中国古典诗学观念的变迁,与不同时代学术思潮的转换有关。萧华荣说:“一般文化学术对诗学思想的影响,乃是以儒学的影响为主;儒学的发展演变,是观察诗学思想发展演变的主要线索与参照系统。” 儒学在古代大致经历了三个主要发展阶段:一是先秦两汉的儒学成熟期,二是魏晋至隋唐的儒学衰退期,三是以宋明理学为代表的儒学复兴期。这三个阶段与中国诗学观念的言志说、缘情说和尚趣观的形成时间基本一致。言志说的形成与发展离不开先秦儒家及两汉经学,缘情说与魏晋玄学存在莫大的关联,而尚趣的诗学观念受到了理学的影响。

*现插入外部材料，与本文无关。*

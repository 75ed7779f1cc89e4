ghost use Rattle.std.specs.Prelude.{◌≡◌};
ghost use Rattle.serde_json.specs.View.{view};
ghost use Rattle.cs_json.specs.Bytes.{json_of};
ghost use Rattle.cs_json.specs.Gives.{or_fault};
ghost use Rattle.cs_json.specs.declared.fault.JsonFault.TheVariants.{NotJson};
ghost use Rattle.cs_decl.specs.Shape.{entries_of};
ghost use Rattle.cs_decl.specs.Meaning.{declared_by, error_of, with_fault, IsValid};
ghost use Rattle.cs_plan.specs.Answers.{Answers};

use crate::doubled::doubled_member;
use crate::entries::Entries;
use crate::rows::fault_of;
use cs_json::{FromJson, JsonFault, Misread, parse};
use cs_plan::{DeclError, DeclFault};
use serde_json::Value;
use std::alloc::{AllocError, Global};
use std::marker::Model;

/// Declarations that were read, each number in its range.
#[derive(Drop)]
pub struct Declarations {
    entries: Entries,
}

impl Model for Declarations {
    ghost use Rattle.cs_decl.specs.declared.entries.Entries.{Entries};

    ghost Value = { Entries };

    ghost use Rattle.cs_decl.specs.Meaning.{IsValid};

    ghost view = { λ a. a.entries };

    ghost invariant = { λ a. IsValid a.entries };
}

impl Declarations {
    /// Returns the entries, as read.
    pub fn entries(&self) -> &Entries
        ensures value { result.now ≡ self.now }
        ensures valid { IsValid self.now }
    {
        &self.entries
    }
}

fn error_of(misread: Misread) -> DeclError
    ensures { result ≡ error_of misread }
{
    match misread {
        Misread::Memory => DeclError::from(AllocError),
        Misread::Fault(JsonFault::NotJson) => DeclError::At {
            fault: DeclFault::NotJson,
            place: None,
        },
        Misread::Fault(JsonFault::BadShape) => DeclError::At {
            fault: DeclFault::BadShape,
            place: None,
        },
    }
}

#[tactic(auto, using(crate::proofs::Misreadings::failed))]
fn json_value(alloc: Global, bytes: &[u8]) -> Result<Value, DeclError>
    ensures { Answers view (with_fault (or_fault NotJson (json_of bytes.now))) result }
{
    match parse(alloc, bytes) {
        Ok(value) => Ok(value),
        Err(misread) => Err(error_of(misread)),
    }
}

#[tactic(auto, using(crate::proofs::Misreadings::failed))]
fn entries_in(alloc: Global, value: &Value) -> Result<Entries, DeclError>
    ensures { Answers (λ e. e) (with_fault (entries_of (view value.now))) result }
{
    match Entries::from_json(alloc, value) {
        Ok(entries) => Ok(entries),
        Err(misread) => Err(error_of(misread)),
    }
}

/// Reads declarations, or returns their fault with the smallest number; among several with that
/// number, that of the groups, then of cron, then of anacron, then of the default.
///
/// [`join`](crate::join) checks that the lines and identifiers exist. A zone's rule has to be one of
/// [`cs_rule`], and neither an offset nor catch-up hours nor a pass minute may stand beside it.
/// Memory may run out.
#[tactic(auto, unfolding(crate::specs::Meaning::declared_by))]
pub fn read_declarations(alloc: Global, bytes: &[u8]) -> Result<Declarations, DeclError>
    ensures { Answers (λ d. d) (declared_by bytes.now) result }
{
    let value = json_value(alloc, bytes)?;
    let mut entries = entries_in(alloc, &value)?;
    match fault_of(alloc, &entries)? {
        None => {
            entries.doubled = doubled_member(alloc, bytes)?;
            Ok(Declarations { entries })
        }
        Some((fault, place)) => Err(DeclError::At { fault, place }),
    }
}
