ghost use Rattle.std.specs.Prelude.{◌≡◌};
ghost use Rattle.cs_report.specs.Printed.{fault_text};
ghost use Rattle.cs_report.specs.declared.script_fault.ScriptError.TheVariants.{OutOfMemory};

use std::alloc::{AllocError, AllocFailed};
use thiserror::Error;

/// What is wrong with a script or a line of one, printed as number and name: `3 BadDate`.
#[derive(Clone, Copy, Debug, PartialEq, Eq, Error)]
#[error("{}", self.text())]
pub enum ScriptFault {
    /// The script is longer than [`MAX_SCRIPT`](crate::MAX_SCRIPT).
    TooLong,
    /// The line has no form of a script, or is a second start, or a stamp late or a second time.
    BadLine,
    /// A date isn't one, or is out of range.
    BadDate,
    /// The line of that number has no command, or no job has the identifier.
    UnknownName,
    /// The first line that isn't ignored is not the start, or all lines are ignored.
    NoStart,
}

impl ScriptFault {
    /// Returns its number and name.
    pub fn text(self) -> &'static str
        ensures { result.now ≡ fault_text self }
    {
        match self {
            ScriptFault::TooLong => "1 TooLong",
            ScriptFault::BadLine => "2 BadLine",
            ScriptFault::BadDate => "3 BadDate",
            ScriptFault::UnknownName => "4 UnknownName",
            ScriptFault::NoStart => "5 NoStart",
        }
    }
}

/// Why a script could not be read.
#[derive(Clone, Copy, Debug, PartialEq, Eq, Error)]
pub enum ScriptError {
    /// The first line with a fault, from 1, or 0 if the script is too long or has no start.
    #[error("line {line}: {fault}")]
    At { line: u32, fault: ScriptFault },
    /// Memory ran out.
    #[error("out of memory")]
    OutOfMemory,
}

impl From<AllocError> for ScriptError {
    ghost from_gives = { λ _ e. e ≡ OutOfMemory };

    fn from(_e: AllocError) -> ScriptError {
        ScriptError::OutOfMemory
    }
}

impl<T: Drop> From<AllocFailed<T>> for ScriptError {
    ghost from_gives = { λ _ e. e ≡ OutOfMemory };

    fn from(_e: AllocFailed<T>) -> ScriptError {
        ScriptError::OutOfMemory
    }
}
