//! Reads and compares the schedule that an entry gives with its command.
ghost use Rattle.std.specs.Prelude.{◌≡◌, IfOk};
ghost use Rattle.cs_decl.specs.When.{agree, is_told_when, same_choice, same_numbers, same_times};
ghost use Rattle.cs_decl.specs.When.{same_when, when_named};

use cs_crontab::{Entry, Field, Numbers, Part, Schedule, When, read_line};
use std::alloc::{AllocError, Global};

/// What a text means before a command in `crontab(5)`: five fields, or an `@` word; `None` for any
/// other text.
#[tactic(auto, unfolding(crate::specs::When::when_named))]
pub fn named_when(alloc: Global, text: &str) -> Result<Option<When>, AllocError>
    ensures { IfOk result (λ when. when ≡ when_named text.now) }
{
    let mut line = Vec::from_slice(alloc, text.as_bytes())?;
    line.extend_from_slice(b" x".as_slice())?;
    match read_line(line.as_slice()) {
        Ok(Entry::Command(when, command)) => {
            if command == b"x".as_slice() {
                return Ok(Some(when));
            }
            Ok(None)
        }
        _ => Ok(None),
    }
}

fn agree(one: bool, other: bool) -> bool
    ensures { result ≡ agree one other }
{
    if one { other } else { !other }
}

fn are_same_numbers(one: &Numbers, other: &Numbers) -> bool
    ensures { result ≡ same_numbers one.now other.now }
{
    for number in 0..64 {
        if !agree(one.has(number), other.has(number)) {
            return false;
        }
    }
    true
}

#[tactic(auto, unfolding(crate::specs::When::same_choice))]
fn is_same_field(one: &Field, other: &Field) -> bool
    ensures { result ≡ same_choice one.now other.now }
{
    agree(one.begins_with_star(), other.begins_with_star())
        && are_same_numbers(one.numbers(), other.numbers())
}

#[tactic(auto, unfolding(crate::specs::When::same_times))]
fn is_same_schedule(one: &Schedule, other: &Schedule) -> bool
    ensures { result ≡ same_times one.now other.now }
{
    is_same_field(one.field(Part::Minute), other.field(Part::Minute))
        && is_same_field(one.field(Part::Hour), other.field(Part::Hour))
        && is_same_field(one.field(Part::Dom), other.field(Part::Dom))
        && is_same_field(one.field(Part::Month), other.field(Part::Month))
        && is_same_field(one.field(Part::Dow), other.field(Part::Dow))
}

/// Whether both are `@reboot`, or the same five fields: with the same numbers each, and `*` at the
/// start of both or of neither.
pub fn is_same_when(one: &When, other: &When) -> bool
    ensures { result ≡ same_when one.now other.now }
{
    match (one, other) {
        (When::At(one), When::At(other)) => is_same_schedule(one, other),
        (When::Reboot, When::Reboot) => true,
        _ => false,
    }
}

/// Whether an entry gives this schedule, or none.
pub fn is_told_when(told: &Option<When>, when: &When) -> bool
    ensures { result ≡ is_told_when told.now when.now }
{
    match told {
        Some(told) => is_same_when(told, when),
        None => true,
    }
}
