//! Finds lines that are left out, jobs without an entry, and entries without a job.
ghost use Rattle.std.specs.Prelude.{◌≡◌, ◌≤◌, ◌+◌, ◌&&◌, not, nat_lt, bytes_eq, length, map, option_map, position};
ghost use Rattle.std.specs.Prelude.{IfOk};
ghost use Rattle.std.specs.List.{find, filter, list_any, count_by};
ghost use Rattle.cs_crontab.specs.declared.limits.TheConstants.{MAX_COMMANDS};
ghost use Rattle.cs_anacrontab.specs.declared.limits.TheConstants.{MAX_JOBS};
ghost use Rattle.cs_decl.specs.Join.{is_of_job, has_no_job, is_left_out, has_entry};
ghost use Rattle.cs_plan.specs.Reboot.{is_reboot};
ghost use Rattle.cs_decl.specs.Join.{has_job_entry, is_undeclared, is_undeclared_job, defaulted};
ghost use Rattle.cs_decl.specs.Join.{guessed, is_named, is_untimed, is_untimed_name, untimed};

use crate::entries::{AnacronEntry, CronEntry, Entries, LineName};
use crate::naming::is_named;
use cs_anacrontab::Job as JobLine;
use cs_civil::Sequence;
use cs_crontab::{Line, When};
use cs_plan::is_reboot;
use std::alloc::{AllocError, Global};

fn is_left_out(entries: &Entries, line: &Line) -> bool
    ensures { result ≡ is_left_out entries.now line.now }
{
    entries
        .left_out
        .as_slice()
        .iter()
        .any(|name| is_named(name, line))
}

fn has_entry(entries: &Entries, line: &Line) -> bool
    ensures { result ≡ has_entry entries.now line.now }
{
    entries
        .cron
        .as_slice()
        .iter()
        .any(|entry| is_named(&entry.name, line))
}

fn has_job_entry(entries: &Entries, line: &JobLine) -> bool
    ensures { result ≡ has_job_entry entries.now line.now }
{
    entries
        .anacron
        .as_slice()
        .iter()
        .any(|entry| entry.identifier.as_slice() == line.identifier())
}

fn has_job(lines: &[JobLine], entry: &AnacronEntry) -> bool
    ensures { result ≡ list_any (λ line. is_of_job line.identifier entry.now) lines.now }
{
    lines
        .iter()
        .any(|line| entry.identifier.as_slice() == line.identifier())
}

fn is_undeclared(entries: &Entries, line: &Line) -> bool
    ensures { result ≡ is_undeclared entries.now line.now }
{
    entries.default.is_none() && !is_reboot(line) && !has_entry(entries, line)
}

fn is_undeclared_job(entries: &Entries, line: &JobLine) -> bool
    ensures { result ≡ is_undeclared_job entries.now line.now }
{
    entries.default.is_none() && !has_job_entry(entries, line)
}

pub(crate) fn jobless(entries: &[AnacronEntry], lines: &[JobLine]) -> Option<usize>
    ensures { result ≡ position (has_no_job lines.now) entries.now }
{
    entries.iter().position(|entry| !has_job(lines, entry))
}

pub(crate) fn first_undeclared<'l>(entries: &Entries, lines: &'l [Line]) -> Option<&'l Line>
    ensures { option_map (λ l. l.now) result ≡ find (is_undeclared entries.now) lines.now }
{
    lines.iter().find(|line| is_undeclared(entries, line))
}

pub(crate) fn first_undeclared_job<'l>(
    entries: &Entries,
    lines: &'l [JobLine],
) -> Option<&'l JobLine>
    ensures { option_map (λ l. l.now) result ≡ find (is_undeclared_job entries.now) lines.now }
{
    lines.iter().find(|line| is_undeclared_job(entries, line))
}

pub(crate) fn lines_left_out(
    alloc: Global,
    entries: &Entries,
    lines: &[Line],
) -> Result<Sequence<u32>, AllocError>
    ensures { IfOk result
        (λ numbers. numbers
        ≡ map (λ line. line.number) (filter (is_left_out entries.now) lines.now)) }
{
    let mut numbers = Sequence::new(alloc);
    for line in lines {
        if is_left_out(entries, line) {
            numbers.push(line.number())?;
        }
    }
    Ok(numbers)
}

fn count_without_entry(entries: &Entries, lines: &[Line]) -> usize
    ensures { result ≡ count_by (λ line. not (has_entry entries.now line)) lines.now }
{
    lines
        .iter()
        .filter(|line| !has_entry(entries, line))
        .count()
}

fn count_jobs_without_entry(entries: &Entries, lines: &[JobLine]) -> usize
    ensures { result ≡ count_by (λ line. not (has_job_entry entries.now line)) lines.now }
{
    lines
        .iter()
        .filter(|line| !has_job_entry(entries, line))
        .count()
}

/// How many jobs have no entry.
#[tactic(auto, using(crate::proofs::Rests::count_within))]
pub(crate) fn defaulted(entries: &Entries, commands: &[Line], lines: &[JobLine]) -> usize
    requires commands { length commands.now ≤ MAX_COMMANDS }
    requires lines { length lines.now ≤ MAX_JOBS }
    ensures { result ≡ defaulted entries.now commands.now lines.now }
{
    count_without_entry(entries, commands) + count_jobs_without_entry(entries, lines)
}

fn count_guesses(entries: &[CronEntry]) -> usize
    ensures { result ≡ count_by (λ e. e.guess) entries.now }
{
    entries.iter().filter(|entry| entry.guess).count()
}

fn count_guesses_of_jobs(entries: &[AnacronEntry]) -> usize
    ensures { result ≡ count_by (λ e. e.guess) entries.now }
{
    entries.iter().filter(|entry| entry.guess).count()
}

/// How many entries are a draft's guess.
pub(crate) fn guessed(entries: &Entries) -> usize
    ensures { result ≡ guessed entries.now }
{
    count_guesses(entries.cron.as_slice()) + count_guesses_of_jobs(entries.anacron.as_slice())
}

fn is_untimed_name(name: &LineName) -> bool
    ensures { result ≡ is_untimed_name name.now }
{
    match &name.when {
        Some(_) => false,
        None => match &name.command {
            Some(_) => true,
            None => false,
        },
    }
}

fn has_untimed_entry(entries: &[CronEntry], line: &Line) -> bool
    ensures { result
        ≡ list_any (λ e. is_named e.name line.now && is_untimed_name e.name) entries.now }
{
    entries.iter().any(|entry| is_named(&entry.name, line) && is_untimed_name(&entry.name))
}

fn has_untimed_name(names: &[LineName], line: &Line) -> bool
    ensures { result
        ≡ list_any (λ name. is_named name line.now && is_untimed_name name) names.now }
{
    names
        .iter()
        .any(|name| is_named(name, line) && is_untimed_name(name))
}

/// Whether several lines have the command.
fn is_shared(lines: &[Line], line: &Line) -> bool
    ensures { result
        ≡ nat_lt 1 (count_by (λ other. bytes_eq other.command line.now.command) lines.now) }
{
    lines
        .iter()
        .filter(|other| other.command() == line.command())
        .count()
        > 1
}

fn is_untimed(entries: &Entries, lines: &[Line], line: &Line) -> bool
    ensures { result ≡ is_untimed entries.now lines.now line.now }
{
    (has_untimed_entry(entries.cron.as_slice(), line)
        || has_untimed_name(entries.left_out.as_slice(), line))
        && is_shared(lines, line)
}

fn first_untimed<'l>(entries: &Entries, lines: &'l [Line]) -> Option<&'l Line>
    ensures { option_map (λ l. l.now) result ≡ find (is_untimed entries.now lines.now) lines.now }
{
    lines.iter().find(|line| is_untimed(entries, lines, line))
}

/// The number of the first line whose entry gives its command and no schedule, while another line
/// has that command too.
pub(crate) fn untimed(entries: &Entries, lines: &[Line]) -> Option<u32>
    ensures { result ≡ untimed entries.now lines.now }
{
    match first_untimed(entries, lines) {
        Some(line) => Some(line.number()),
        None => None,
    }
}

理学家普遍地把学道与为文对立起来,否定诗文创作的价值。理学先驱周敦颐把诗文看作无关道德功业的低级技艺,说:“圣人之道,入乎耳,存乎心,蕴之为德行,行之为事业。彼以文辞而已者,陋矣!”程颐进一步提出“作文害道”的说法,在他看来,作诗和写文章的人专注于辞藻和技巧,占据了体察天地至道的时间和精力,属于玩物丧志。他甚至把杜甫的诗歌也看作“闲言语”,否定了魏晋以来的抒情即景之作。朱熹才情难掩而创作颇丰,却对写诗保持警惕和节制。他说:“作诗间以数句适怀亦不妨。但不用多作,盖便是陷溺尔。”随着程朱理学成为官学,这种观念在文人士大夫群体中流行起来。
宋代以诗言理的风气受到理学的影响。钱锺书说:“宋诗还有个缺陷,爱讲道理,发议论;道理往往粗浅,议论往往陈旧,也煞费笔墨去发挥申说。这种风气,韩愈、白居易以来的唐诗里已有,宋代‘理学’或‘道学’的兴盛使它普遍流播。” 刘克庄《恕斋诗存稿》曰:“近世贵理学而贱诗,间有篇咏,率是语录、讲义之押韵者耳。”理学家的作品固然存在这种缺陷,诗人也多犯此病,招致严羽等人的批评。这类作品借用诗歌的形式谈道论理,其弊端在于抽象玄虚、枯燥乏味,缺少鲜明可感的形象和真实诚挚的情感。为化解说理造成的抽象枯燥问题,诗人转而追求理趣,“把精警、微妙的哲理寓于生动具体的艺术形象之中,实现哲学思考和文学表现的完美结合”。这虽然在一定程度上克服了以诗言理的弊病,但终归不属于诗歌创作的康庄大道。因此,严羽提出“别才别趣”说,试图扭转宋诗的风尚,回到吟咏情性的道路上去。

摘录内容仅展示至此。